After “failing miserably” in the more practical subject of engineering, Neersville resident Kurt Schwarz ended up doing what he wanted to do in the first place: painting.
Over the years, Schwarz created thousands of paintings as a student then as a professional, finding that his interest is in still lifes, portraits and an occasional landscape. Twenty-three to 25 of these paintings will be showcased for six weeks at Gallery 222 in Leesburg.
Schwarz studied engineering, then architecture and soon quit both, working in architectural illustration for eight years into the early 1990s. In 1990, he returned to school at George Washington University, graduating two years later with a bachelor of arts degree in fine arts.
For five years, Schwarz apprenticed with painter Danni Dawson, whom he credits for his “aggressive painting style, one that uses warm and cool colors to create tension,” as stated in a statement about the gallery show. “I like creating space and playing with color,” he said, adding that he likes the opposition found in using warm and cool colors. “You can play temperatures off of each other. That’s what makes light exciting.”
“He has very good techniques, and his light in painting and his colors are very good,” said Purcellville artist Carmen Howell, who met Schwarz years ago at one of her gallery shows.

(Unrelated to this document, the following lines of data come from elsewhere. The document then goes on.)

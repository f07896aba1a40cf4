// Operations, and code of a few, that parts of expressions have.

ghost use Rattle.std.specs.Prelude.{◌≡◌, ◌<◌, ◌^◌, ◌∷◌, ◌++◌, OnOk};
ghost use Rattle.nx_checked.specs.Trees.{expr_of};
ghost use Rattle.nx_lower.specs.Shown.{width_of};
ghost use Rattle.nx_lower.specs.Code.{binary_of, truth_code, prefix_code, convert_code, right_of, kept_code, cut_code, raise_code, stepping_operator, step_number, negate_code, step_element_code};

use crate::code::Code;
use nx_checked::{CheckedExpr, Conversion, Element, IntOperator, IntPrefix, Scalar, StepValue};
use nx_slot::{Binary, Comparison, Operand, SlotOp, Unary, Width};
use std::alloc::AllocError;

/// How wide the elements of an array or text are.
pub fn width(w: Element) -> Width
    ensures { result ≡ width_of w }
{
    match w {
        Element::Int => Width::Word,
        Element::Char => Width::Byte,
    }
}

pub fn binary(op: IntOperator) -> Binary
    ensures { result ≡ binary_of op }
{
    match op {
        IntOperator::BitOr => Binary::Or,
        IntOperator::BitXor => Binary::Xor,
        IntOperator::BitAnd => Binary::And,
        IntOperator::Equal => Binary::Compare(Comparison::Equal),
        IntOperator::NotEqual => Binary::Compare(Comparison::Unequal),
        IntOperator::Less => Binary::Compare(Comparison::Less),
        IntOperator::AtMost => Binary::Compare(Comparison::AtMost),
        IntOperator::Greater => Binary::Compare(Comparison::Greater),
        IntOperator::AtLeast => Binary::Compare(Comparison::AtLeast),
        IntOperator::ShiftLeft => Binary::ShiftLeft,
        IntOperator::ShiftRight => Binary::ShiftRight,
        IntOperator::Add => Binary::Add,
        IntOperator::Subtract => Binary::Subtract,
        IntOperator::Multiply => Binary::Multiply,
        IntOperator::Divide => Binary::Divide,
        IntOperator::Remainder => Binary::Remainder,
    }
}

pub fn stepping(up: bool) -> IntOperator
    ensures { result ≡ stepping_operator up }
{
    if up {
        IntOperator::Add
    } else {
        IntOperator::Subtract
    }
}

pub fn by_one(up: bool, s: Scalar) -> u32
    ensures { result ≡ step_number up s }
{
    match s {
        Scalar::Int => 1,
        Scalar::Char => 1,
        Scalar::Pointer(_) => { if up { 1 } else { 0xffffffff } }
    }
}

pub fn truth(i: usize) -> SlotOp
    ensures { result ≡ truth_code i }
{
    SlotOp::Apply {
        op: Binary::Compare(Comparison::Unequal),
        to: i,
        left: i,
        right: Operand::Number(0),
    }
}

pub fn prefix(op: IntPrefix, i: usize) -> SlotOp
    ensures { result ≡ prefix_code op i }
{
    match op {
        IntPrefix::Minus => SlotOp::Change {
            op: Unary::Negate,
            to: i,
            from: i,
        },
        IntPrefix::Not => SlotOp::Apply {
            op: Binary::Compare(Comparison::Equal),
            to: i,
            left: i,
            right: Operand::Number(0),
        },
        IntPrefix::Complement => SlotOp::Apply {
            op: Binary::Xor,
            to: i,
            left: i,
            right: Operand::Number(0xffffffff),
        },
    }
}

pub fn put_conversion(code: &mut Code, to: Conversion, i: usize) -> Result<(), AllocError>
    ensures { OnOk result (code.new ≡ convert_code to i ++ code.old) }
{
    match to {
        Conversion::ToInt => Ok(()),
        Conversion::ToChar => code.put(SlotOp::Change {
            op: Unary::LowByte,
            to: i,
            from: i,
        }),
        Conversion::ToPointer => code.put(SlotOp::Forge { to: i, from: i }),
    }
}

/// The operand that an expression on the right is.
pub fn right(e: &CheckedExpr, i: usize) -> Operand
    ensures { result ≡ right_of (expr_of e.now) i }
{
    match e {
        CheckedExpr::Constant(n) => Operand::Number(*n),
        _ => Operand::Cell(i),
    }
}

pub fn put_kept(code: &mut Code, s: Scalar, i: usize) -> Result<(), AllocError>
    ensures { OnOk result (code.new ≡ kept_code s i ++ code.old) }
{
    match s {
        Scalar::Int => Ok(()),
        Scalar::Char => code.put(SlotOp::Change {
            op: Unary::LowByte,
            to: i,
            from: i,
        }),
        Scalar::Pointer(_) => Ok(()),
    }
}

pub fn cut(w: Element, to: usize, i: usize) -> SlotOp
    ensures { result ≡ cut_code w to i }
{
    match w {
        Element::Int => SlotOp::Move {
            to,
            from: Operand::Cell(i),
        },
        Element::Char => SlotOp::Change {
            op: Unary::LowByte,
            to,
            from: i,
        },
    }
}

pub fn put_raise(
    code: &mut Code,
    op: IntOperator,
    s: Scalar,
    to: usize,
    i: usize,
    r: Operand,
) -> Result<(), AllocError>
    ensures { OnOk result (code.new ≡ raise_code op s to i r ++ code.old) }
{
    match s {
        Scalar::Int => code.put(SlotOp::Apply {
            op: binary(op),
            to,
            left: i,
            right: r,
        }),
        Scalar::Char => {
            code.put(SlotOp::Change {
                op: Unary::LowByte,
                to,
                from: to,
            })?;
            code.put(SlotOp::Apply {
                op: binary(op),
                to,
                left: i,
                right: r,
            })
        }
        Scalar::Pointer(w) => code.put(SlotOp::Index {
            to,
            base: i,
            index: r,
            width: width(w),
        }),
    }
}

pub fn put_negate(code: &mut Code, op: IntOperator, s: Scalar, i: usize) -> Result<(), AllocError>
    ensures { OnOk result (code.new ≡ negate_code op s i ++ code.old) }
{
    match s {
        Scalar::Int => Ok(()),
        Scalar::Char => Ok(()),
        Scalar::Pointer(_) => match op {
            IntOperator::Subtract => code.put(SlotOp::Change {
                op: Unary::Negate,
                to: i,
                from: i,
            }),
            _ => Ok(()),
        },
    }
}

/// `++` and `--` of an element, whose pointer's cell is followed by that of its number.
pub fn put_step(
    code: &mut Code,
    n: usize,
    d: usize,
    v: StepValue,
    up: bool,
    w: Element,
) -> Result<(), AllocError>
    requires cells { n < 2 ^ 32 }
    requires depth { d < 2 ^ 32 }
    ensures { OnOk result (code.new ≡ step_element_code n d v up w ++ code.old) }
{
    let place = n + d;
    let old = n + (d + 1);
    match v {
        StepValue::New => {
            code.put(cut(w, place, old))?;
            code.put(SlotOp::Store {
                place,
                value: old,
                width: width(w),
            })?;
            code.put(SlotOp::Apply {
                op: binary(stepping(up)),
                to: old,
                left: old,
                right: Operand::Number(1),
            })
        }
        StepValue::Old => {
            let new = n + (d + 1 + 1);
            code.put(SlotOp::Move {
                to: place,
                from: Operand::Cell(old),
            })?;
            code.put(SlotOp::Store {
                place,
                value: new,
                width: width(w),
            })?;
            code.put(SlotOp::Apply {
                op: binary(stepping(up)),
                to: new,
                left: old,
                right: Operand::Number(1),
            })
        }
    }
}
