// Where variables, arrays and texts of a file stand, and the operations that read and write variables.

ghost use Rattle.std.specs.Prelude.{◌≡◌, ◌<◌, ◌*◌, ◌^◌, ◌∷◌, ◌++◌, take, sum, map, length, get_or, IfOk, OnOk, MatchOption};
ghost use Rattle.nx_checked.specs.Frames.{bytes_of, array_bytes as bytes_of_arrays};
ghost use Rattle.nx_checked.specs.Trees.{fun_of, program_of};
ghost use Rattle.nx_cmean.specs.Meaning.{fun_at, no_fun};
ghost use Rattle.nx_lower.specs.Code.{array_object, text_object, number_of, write_code, read_code, array_code, arguments_code};
ghost use Rattle.nx_lowerexpr.specs.Sources.{shape_of, source_of};

use crate::code::Code;
use crate::operations::put_kept;
use nx_base::Bytes;
use nx_checked::{ArrayName, Cell, Checked, CheckedFunction, Element, GlobalArray, Scalar, Shape};
use nx_slot::{Operand, Section, SlotOp, StaticObject};
use std::alloc::AllocError;

// Where the word of a variable of the file stands. Out of memory where that is past all addresses.
fn word_at(i: u32) -> Result<u32, AllocError>
    ensures { IfOk result (λ n. n ≡ 4 * i) }
{
    if i > 0x3fffffff {
        return Err(AllocError);
    }
    Ok(4 * i)
}

// The bytes of the first arrays, each rounded up to words. Out of memory where they are past all addresses.
fn first_arrays(arrays: &[GlobalArray], i: u32) -> Result<u32, AllocError>
    ensures { IfOk result (λ n. n ≡ bytes_of_arrays (take i (map shape_of arrays.now))) }
{
    if i == 0 {
        return Ok(0);
    }
    match arrays {
        [] => Ok(0),
        [a, rest @ ..] => {
            let more = first_arrays(rest, i - 1)?;
            let size = 4 * ((array_bytes(a.shape) + 3) / 4) + more as u64;
            if size > 0xffffffff {
                return Err(AllocError);
            }
            Ok(size as u32)
        }
    }
}

/// How many bytes an array of this shape has.
pub fn array_bytes(shape: Shape) -> u64
    ensures is { result ≡ bytes_of shape }
    ensures small { result < 2 ^ 34 }
{
    match shape.element {
        Element::Int => shape.count as u64 * 4,
        Element::Char => shape.count as u64,
    }
}

fn first_texts(texts: &[Bytes], i: u32) -> Result<u32, AllocError>
    ensures { IfOk result (λ n. n ≡ sum (take i (map length texts.now))) }
{
    if i == 0 {
        return Ok(0);
    }
    match texts {
        [] => Ok(0),
        [t, rest @ ..] => {
            let more = first_texts(rest, i - 1)?;
            let size = t.len();
            if size > (0xffffffff - more) as usize {
                return Err(AllocError);
            }
            Ok(size as u32 + more)
        }
    }
}

pub fn array_static(program: &Checked, i: u32) -> Result<StaticObject, AllocError>
    ensures { IfOk result (λ o. o ≡ array_object (source_of program.now) i) }
{
    let scalars = program.scalars.len();
    let more = first_arrays(program.arrays.as_slice(), i)?;
    if scalars > 0x3fffffff {
        return Err(AllocError);
    }
    let at = 4 * scalars + more as usize;
    if at > 0xffffffff {
        return Err(AllocError);
    }
    Ok(StaticObject {
        name: scalars + i as usize,
        section: Section::Global(at as u32),
    })
}

pub fn text_static(program: &Checked, i: u32) -> Result<StaticObject, AllocError>
    ensures { IfOk result (λ o. o ≡ text_object (source_of program.now) i) }
{
    let scalars = program.scalars.len();
    let arrays = program.arrays.len();
    if scalars > 0x3fffffff || arrays > 0x3fffffff {
        return Err(AllocError);
    }
    let at = first_texts(program.literals.as_slice(), i)?;
    Ok(StaticObject {
        name: scalars + (arrays + i as usize),
        section: Section::Literal(at),
    })
}

pub fn put_array(
    code: &mut Code,
    program: &Checked,
    a: ArrayName,
    i: usize,
) -> Result<(), AllocError>
    ensures { OnOk result (code.new ≡ array_code (source_of program.now) a i ∷ code.old) }
{
    match a {
        ArrayName::Local(a) => code.put(SlotOp::Local {
            to: i,
            array: a as usize,
        }),
        ArrayName::Global(a) => {
            let object = array_static(program, a)?;
            code.put(SlotOp::Static { to: i, object })
        }
    }
}

/// The number of a call that the program names.
pub fn call_at(program: &Checked, n: u32) -> u16
    ensures { result ≡ number_of (source_of program.now) n }
{
    match program.calls.get(n as usize) {
        None => 0,
        Some(c) => c.number,
    }
}

// The function at a place.
fn function_at(functions: &[CheckedFunction], place: usize) -> Option<&CheckedFunction>
    ensures { MatchOption result (get_or (map fun_of functions.now) place no_fun ≡ no_fun) (λ f. get_or (map fun_of functions.now) place no_fun ≡ fun_of f.now) }
{
    match functions.get(place) {
        None => None,
        Some(f) => Some(f),
    }
}

fn put_params(code: &mut Code, params: &[Scalar], i: usize) -> Result<(), AllocError>
    ensures { OnOk result (code.new ≡ arguments_code params.now i ++ code.old) }
{
    match params {
        [] => Ok(()),
        [s, rest @ ..] => {
            if i > 0xffffffff {
                return Err(AllocError);
            }
            put_params(code, rest, i + 1)?;
            put_kept(code, *s, i)
        }
    }
}

/// What parameters of a function keep of arguments.
pub fn put_arguments(code: &mut Code, program: &Checked, f: u32, i: usize) -> Result<(), AllocError>
    ensures { OnOk result (code.new ≡ arguments_code (fun_at (program_of program.now) f).params i ++ code.old) }
{
    match function_at(program.functions.as_slice(), f as usize) {
        None => Ok(()),
        Some(g) => put_params(code, g.params.as_slice(), i),
    }
}

pub fn put_read(code: &mut Code, program: &Checked, x: Cell, i: usize) -> Result<(), AllocError>
    ensures { OnOk result (code.new ≡ read_code (source_of program.now) x i ∷ code.old) }
{
    match x {
        Cell::Local(x) => code.put(SlotOp::Move {
            to: i,
            from: Operand::Cell(x as usize),
        }),
        Cell::Global(x) => {
            let at = word_at(x)?;
            code.put(SlotOp::Fetch {
                to: i,
                object: StaticObject {
                    name: x as usize,
                    section: Section::Global(at),
                },
            })
        }
    }
}

pub fn put_write(code: &mut Code, program: &Checked, x: Cell, i: usize) -> Result<(), AllocError>
    ensures { OnOk result (code.new ≡ write_code (source_of program.now) x i ∷ code.old) }
{
    match x {
        Cell::Local(x) => code.put(SlotOp::Move {
            to: x as usize,
            from: Operand::Cell(i),
        }),
        Cell::Global(x) => {
            let at = word_at(x)?;
            code.put(SlotOp::Keep {
                object: StaticObject {
                    name: x as usize,
                    section: Section::Global(at),
                },
                from: i,
            })
        }
    }
}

IN 1994, Schwarz quit his architectural illustration job and decided to become a full-time artist. He began showing his pieces at one large show a year and commissioning portraits.
“The main thing is I love to create a beautiful, actual physical thing,” Schwarz said. “There’s a sense of illusion, some kind of magic involved. It’s not really what it is.”
In 2000, Schwarz, 36, began teaching two days a week at his alma mater and another day at Loudoun Academy of the Arts, housed in the same building as Gallery 222.
However, Schwarz found that teaching three days a week took too much time from his painting, so a year later he quit the university position. Now he teaches one day a week, one class at the academy and another two classes at the Art League School in Alexandria, commonly referred to as the Torpedo Factory.
“It gets me out of the studio one day a week. It gives me a chance to interact with people,” Schwarz said.
Schwarz works another four days at his Waterford studio, which is housed with two other studios in the old Waterford school. Before a show, he spends six, then seven days a week there. For this show, some of the paintings already are framed in his custom-built frames, one sits on an easel and others lean against the walls in various stages of completion. Each painting takes from one day to three weeks to finish.
“I set something up, think about it and look at it, then I start painting,” he said. “I don’t do any preparatory sketching. I just plunge on in.”
Schwarz has nearly two weeks to his opening day on Dec. 3. The show will continue until Jan. 10, 2004.